= Beginning of Section =

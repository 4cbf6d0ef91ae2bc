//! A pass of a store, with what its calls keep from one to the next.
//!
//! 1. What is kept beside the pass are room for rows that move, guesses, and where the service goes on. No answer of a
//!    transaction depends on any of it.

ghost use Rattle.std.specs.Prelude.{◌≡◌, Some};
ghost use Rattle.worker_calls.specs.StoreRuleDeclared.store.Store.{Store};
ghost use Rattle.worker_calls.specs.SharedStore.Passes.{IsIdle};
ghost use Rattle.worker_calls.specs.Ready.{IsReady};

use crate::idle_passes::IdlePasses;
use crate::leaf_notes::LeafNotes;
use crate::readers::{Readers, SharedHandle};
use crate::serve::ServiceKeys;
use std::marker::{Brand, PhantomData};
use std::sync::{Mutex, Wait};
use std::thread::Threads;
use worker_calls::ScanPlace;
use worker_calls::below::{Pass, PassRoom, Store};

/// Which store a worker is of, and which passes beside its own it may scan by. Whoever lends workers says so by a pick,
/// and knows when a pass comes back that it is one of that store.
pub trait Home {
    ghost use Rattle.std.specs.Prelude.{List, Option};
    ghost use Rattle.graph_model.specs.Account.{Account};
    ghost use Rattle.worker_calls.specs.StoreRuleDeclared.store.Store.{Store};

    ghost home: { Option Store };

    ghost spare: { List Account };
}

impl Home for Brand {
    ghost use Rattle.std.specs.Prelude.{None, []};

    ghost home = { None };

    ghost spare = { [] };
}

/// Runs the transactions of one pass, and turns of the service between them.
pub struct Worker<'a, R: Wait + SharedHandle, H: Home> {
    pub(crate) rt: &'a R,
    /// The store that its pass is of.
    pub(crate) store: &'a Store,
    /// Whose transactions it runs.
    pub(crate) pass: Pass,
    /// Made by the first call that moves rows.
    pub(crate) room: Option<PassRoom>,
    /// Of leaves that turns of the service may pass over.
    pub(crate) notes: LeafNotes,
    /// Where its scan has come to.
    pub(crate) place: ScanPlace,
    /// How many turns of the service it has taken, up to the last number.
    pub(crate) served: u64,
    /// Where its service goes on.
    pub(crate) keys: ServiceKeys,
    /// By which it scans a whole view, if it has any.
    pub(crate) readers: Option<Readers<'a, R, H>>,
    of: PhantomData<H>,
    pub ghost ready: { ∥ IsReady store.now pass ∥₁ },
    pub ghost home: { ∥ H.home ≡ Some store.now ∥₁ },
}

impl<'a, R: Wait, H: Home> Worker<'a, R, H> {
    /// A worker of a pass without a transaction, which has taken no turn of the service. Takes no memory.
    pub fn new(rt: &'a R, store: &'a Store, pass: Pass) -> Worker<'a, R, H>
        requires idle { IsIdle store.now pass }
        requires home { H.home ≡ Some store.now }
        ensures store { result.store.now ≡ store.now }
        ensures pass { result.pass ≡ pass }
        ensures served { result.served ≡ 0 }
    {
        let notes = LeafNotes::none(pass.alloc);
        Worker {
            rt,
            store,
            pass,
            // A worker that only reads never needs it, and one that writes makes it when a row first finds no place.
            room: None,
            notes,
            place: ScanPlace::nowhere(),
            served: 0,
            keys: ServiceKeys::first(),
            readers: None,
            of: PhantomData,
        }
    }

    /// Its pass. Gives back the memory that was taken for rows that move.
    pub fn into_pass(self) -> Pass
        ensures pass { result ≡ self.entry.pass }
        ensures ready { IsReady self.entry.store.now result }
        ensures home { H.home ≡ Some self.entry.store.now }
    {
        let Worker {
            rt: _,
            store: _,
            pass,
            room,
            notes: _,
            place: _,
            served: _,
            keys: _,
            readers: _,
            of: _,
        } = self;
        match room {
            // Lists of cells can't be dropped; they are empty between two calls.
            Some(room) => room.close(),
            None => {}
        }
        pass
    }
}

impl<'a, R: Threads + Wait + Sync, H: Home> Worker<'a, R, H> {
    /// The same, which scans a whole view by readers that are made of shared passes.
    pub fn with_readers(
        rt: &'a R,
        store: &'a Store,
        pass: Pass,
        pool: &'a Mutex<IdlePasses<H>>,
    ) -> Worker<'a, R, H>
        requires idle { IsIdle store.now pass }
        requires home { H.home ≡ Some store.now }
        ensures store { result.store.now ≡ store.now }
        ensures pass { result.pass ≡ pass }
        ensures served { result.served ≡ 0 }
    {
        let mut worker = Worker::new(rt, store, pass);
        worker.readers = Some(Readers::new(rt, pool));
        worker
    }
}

= End of Section =
= Beginning of Section =

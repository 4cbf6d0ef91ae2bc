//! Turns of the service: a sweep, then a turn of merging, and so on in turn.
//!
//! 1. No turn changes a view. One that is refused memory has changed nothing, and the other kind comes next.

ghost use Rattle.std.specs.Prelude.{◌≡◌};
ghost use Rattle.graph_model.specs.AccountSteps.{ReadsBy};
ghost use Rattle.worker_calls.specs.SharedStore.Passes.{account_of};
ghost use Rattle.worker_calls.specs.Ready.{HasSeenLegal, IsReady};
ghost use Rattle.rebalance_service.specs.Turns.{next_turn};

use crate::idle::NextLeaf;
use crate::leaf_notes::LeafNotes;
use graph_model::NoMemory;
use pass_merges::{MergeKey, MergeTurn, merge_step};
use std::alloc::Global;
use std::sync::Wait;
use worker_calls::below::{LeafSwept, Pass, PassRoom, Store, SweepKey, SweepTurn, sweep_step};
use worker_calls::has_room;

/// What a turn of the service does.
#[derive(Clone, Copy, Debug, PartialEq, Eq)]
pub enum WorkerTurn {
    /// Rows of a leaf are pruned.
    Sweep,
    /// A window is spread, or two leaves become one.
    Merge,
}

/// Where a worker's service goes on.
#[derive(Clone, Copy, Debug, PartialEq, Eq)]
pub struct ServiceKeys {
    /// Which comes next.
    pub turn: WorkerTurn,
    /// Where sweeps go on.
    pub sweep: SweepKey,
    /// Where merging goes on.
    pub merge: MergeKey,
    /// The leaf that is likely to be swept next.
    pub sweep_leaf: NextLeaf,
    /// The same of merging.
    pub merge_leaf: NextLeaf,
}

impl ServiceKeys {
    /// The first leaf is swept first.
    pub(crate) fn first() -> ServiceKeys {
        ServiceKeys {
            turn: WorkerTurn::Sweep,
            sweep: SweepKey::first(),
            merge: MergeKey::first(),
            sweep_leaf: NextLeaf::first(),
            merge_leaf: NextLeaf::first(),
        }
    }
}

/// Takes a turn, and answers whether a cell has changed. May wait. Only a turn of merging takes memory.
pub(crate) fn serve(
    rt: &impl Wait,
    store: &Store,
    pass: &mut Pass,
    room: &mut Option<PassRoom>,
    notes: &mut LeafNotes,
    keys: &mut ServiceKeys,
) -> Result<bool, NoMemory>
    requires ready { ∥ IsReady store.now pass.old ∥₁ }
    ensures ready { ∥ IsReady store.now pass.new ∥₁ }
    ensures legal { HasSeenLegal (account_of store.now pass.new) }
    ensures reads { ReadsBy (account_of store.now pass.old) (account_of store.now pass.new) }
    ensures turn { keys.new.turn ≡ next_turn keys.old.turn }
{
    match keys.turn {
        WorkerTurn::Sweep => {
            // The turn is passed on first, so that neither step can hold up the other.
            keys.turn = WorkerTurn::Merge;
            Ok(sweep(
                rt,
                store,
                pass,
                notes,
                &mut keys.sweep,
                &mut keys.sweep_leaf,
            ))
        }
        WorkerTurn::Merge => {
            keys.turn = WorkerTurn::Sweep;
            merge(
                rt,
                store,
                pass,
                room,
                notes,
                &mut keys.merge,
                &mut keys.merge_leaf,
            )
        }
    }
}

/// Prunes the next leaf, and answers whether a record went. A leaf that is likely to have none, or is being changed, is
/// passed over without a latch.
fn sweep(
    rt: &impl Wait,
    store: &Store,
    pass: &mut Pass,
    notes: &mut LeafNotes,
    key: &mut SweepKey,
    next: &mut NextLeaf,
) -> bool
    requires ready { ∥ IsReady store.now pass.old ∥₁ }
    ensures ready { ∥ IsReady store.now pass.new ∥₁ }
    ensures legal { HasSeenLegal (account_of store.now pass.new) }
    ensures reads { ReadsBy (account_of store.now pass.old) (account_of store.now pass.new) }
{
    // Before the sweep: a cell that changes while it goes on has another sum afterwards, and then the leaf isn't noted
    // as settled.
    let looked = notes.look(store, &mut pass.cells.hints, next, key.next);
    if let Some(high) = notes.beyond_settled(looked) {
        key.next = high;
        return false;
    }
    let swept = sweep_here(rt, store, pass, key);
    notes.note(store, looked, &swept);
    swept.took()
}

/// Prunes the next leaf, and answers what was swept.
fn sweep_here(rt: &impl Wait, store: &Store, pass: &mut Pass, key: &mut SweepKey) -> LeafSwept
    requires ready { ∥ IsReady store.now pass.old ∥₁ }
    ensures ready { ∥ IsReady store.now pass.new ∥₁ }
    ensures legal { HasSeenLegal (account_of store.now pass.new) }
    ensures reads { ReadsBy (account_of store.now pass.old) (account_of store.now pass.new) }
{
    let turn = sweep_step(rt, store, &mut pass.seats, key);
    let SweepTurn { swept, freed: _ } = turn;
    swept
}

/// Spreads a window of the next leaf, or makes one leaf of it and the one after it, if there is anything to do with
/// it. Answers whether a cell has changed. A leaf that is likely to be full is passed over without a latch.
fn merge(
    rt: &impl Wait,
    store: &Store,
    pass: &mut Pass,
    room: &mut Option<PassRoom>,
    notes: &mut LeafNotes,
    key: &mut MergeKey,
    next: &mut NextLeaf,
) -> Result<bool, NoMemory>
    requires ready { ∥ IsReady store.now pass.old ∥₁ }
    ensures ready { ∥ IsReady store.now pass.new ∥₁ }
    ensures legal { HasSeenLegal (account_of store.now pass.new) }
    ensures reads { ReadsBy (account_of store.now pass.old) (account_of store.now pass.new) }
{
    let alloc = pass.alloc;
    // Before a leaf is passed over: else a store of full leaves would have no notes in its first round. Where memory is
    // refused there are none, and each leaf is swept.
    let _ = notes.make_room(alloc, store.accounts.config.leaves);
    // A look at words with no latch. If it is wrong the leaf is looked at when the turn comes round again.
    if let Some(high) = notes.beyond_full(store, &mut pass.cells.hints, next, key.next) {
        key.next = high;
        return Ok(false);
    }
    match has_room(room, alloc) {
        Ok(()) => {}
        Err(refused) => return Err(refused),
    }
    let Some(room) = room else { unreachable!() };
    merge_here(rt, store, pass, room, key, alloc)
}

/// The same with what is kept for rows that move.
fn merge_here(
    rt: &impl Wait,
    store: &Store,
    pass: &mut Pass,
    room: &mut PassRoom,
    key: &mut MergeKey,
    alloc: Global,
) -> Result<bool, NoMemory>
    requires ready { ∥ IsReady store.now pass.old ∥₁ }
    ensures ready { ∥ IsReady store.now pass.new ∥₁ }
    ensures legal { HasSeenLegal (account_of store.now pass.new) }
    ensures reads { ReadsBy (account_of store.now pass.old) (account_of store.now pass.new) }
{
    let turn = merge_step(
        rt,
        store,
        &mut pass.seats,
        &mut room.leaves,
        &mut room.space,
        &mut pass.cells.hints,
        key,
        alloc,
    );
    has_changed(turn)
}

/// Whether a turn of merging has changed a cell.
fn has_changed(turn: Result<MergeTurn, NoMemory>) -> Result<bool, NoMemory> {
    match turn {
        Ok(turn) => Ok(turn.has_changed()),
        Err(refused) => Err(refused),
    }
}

= End of Section =

What you need to do:
Bring together each line above where the string "transactions" turns up.

Task answer:
/// Runs the transactions of one pass, and turns of the service between them.
    /// Whose transactions it runs.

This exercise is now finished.